Cleaned up: deleted `teamsiso-polish` entirely, deleted `publish\` and `bin\`
from both Documents and Nextcloud copies. Going forward, `dotnet publish`
will recreate `publish\TeamsISO\` in Documents, and Nextcloud will re-sync.
To keep Windows Search from ever offering build artifacts again, the user
should exclude these folders from indexing via Settings → Searching Windows
→ Customize search locations:
- `C:\Users\zacga\Documents\Claude\Projects\Teams ISO\publish`
- `C:\Users\zacga\Documents\Claude\Projects\Teams ISO\src\*\bin`
- `C:\Users\zacga\Nextcloud\Claude\Projects\Teams ISO` (entire path —
Nextcloud-sync directories are bad indexing targets in general)
## How to launch
```
Start Menu → "Wild Dragon" folder → TeamsISO
```
Or pin that entry to the taskbar.
Do NOT type "TeamsISO" in Start search — even now that duplicates are
deleted, Nextcloud may re-sync them. The Wild Dragon Start Menu entry is
the only guaranteed-correct path.
## Pre-1.0 cut still gated on
1. Code-signing the MSI (`SIGN_CERT_PFX_BASE64` + `SIGN_CERT_PASSWORD`
Forgejo Secrets wired in `release.yml`).
2. Real-meeting smoke pass on a non-dev host with a live NDI runtime.

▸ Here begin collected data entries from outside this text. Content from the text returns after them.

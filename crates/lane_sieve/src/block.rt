// What is done with four words at once.

ghost use Rattle.std.specs.Prelude.{◌≡◌, ◌+◌, ◌≤◌, length, bit_or};
ghost use Rattle.std.specs.Simd.Lanes.{zip2, chunk, put_chunk};
ghost use Rattle.lane_sieve.specs.Words.{each_pair, is_part, is_apart, is_part_of_none};

use std::simd::prelude::*;

/// How many words a block has.
pub const BLOCK: usize = 4;

/// Whether each bit of the block of `a` at `at` is set in that of `b`.
#[inline]
pub fn is_part_at(a: &[u64], b: &[u64], at: usize) -> bool
    requires a_has_block { at + 4 ≤ length a.now }
    requires b_has_block { at + 4 ≤ length b.now }
    ensures { result ≡ each_pair is_part (chunk at 4 a.now) (chunk at 4 b.now) }
{
    let x = u64x4::from_slice(&a[at..]);
    let y = u64x4::from_slice(&b[at..]);
    (x & y).simd_ne(x).to_bitmask() == 0
}

/// Whether none of the four words of `list` at `at` has each bit of `word`.
#[inline]
pub fn is_part_of_none_at(word: u64, list: &[u64], at: usize) -> bool
    requires { at + 4 ≤ length list.now }
    ensures { result ≡ is_part_of_none word (chunk at 4 list.now) }
{
    let x = u64x4::splat(word);
    let y = u64x4::from_slice(&list[at..]);
    (x & y).simd_eq(x).to_bitmask() == 0
}

/// Whether no bit is set both in the block of `a` at `at` and in that of `b`.
#[inline]
pub fn is_apart_at(a: &[u64], b: &[u64], at: usize) -> bool
    requires a_has_block { at + 4 ≤ length a.now }
    requires b_has_block { at + 4 ≤ length b.now }
    ensures { result ≡ each_pair is_apart (chunk at 4 a.now) (chunk at 4 b.now) }
{
    let x = u64x4::from_slice(&a[at..]);
    let y = u64x4::from_slice(&b[at..]);
    (x & y).simd_ne(u64x4::splat(0)).to_bitmask() == 0
}

/// Sets in the block of `a` at `at` the bits of that of `b`.
#[inline]
pub fn unite_at(a: &mut [u64], b: &[u64], at: usize)
    requires a_has_block { at + 4 ≤ length a.old }
    requires b_has_block { at + 4 ≤ length b.now }
    ensures { a.new ≡ put_chunk at a.old (zip2 bit_or (chunk at 4 a.old) (chunk at 4 b.now)) }
{
    let x = u64x4::from_slice(&a[at..]);
    let y = u64x4::from_slice(&b[at..]);
    (x | y).copy_to_slice(&mut a[at..]);
}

## Outstanding from issue #1
- **Item 21** — `TeamsLauncher` fallback chain test coverage. Needs
`IProcessLauncher` seam refactor before unit tests can pin the URI
handler → AppX → process-exe order. Half-day.
## Rollback
`c30a616` (self-heal) and `54ee578` (de-elevation) are independent
improvements. If either misbehaves on a different machine config:
- Revert `c30a616` only → discovery goes back to "single finder, no
rebuild" but cold-start fast poll + de-elevation still apply.
- Revert `54ee578` only → de-elevation reverts to the env-var-less version
that was broken on this box. The runas-wrapped shortcut still works.
`5a43c9c` is the rollback-base if all polish/cleanup needs to go.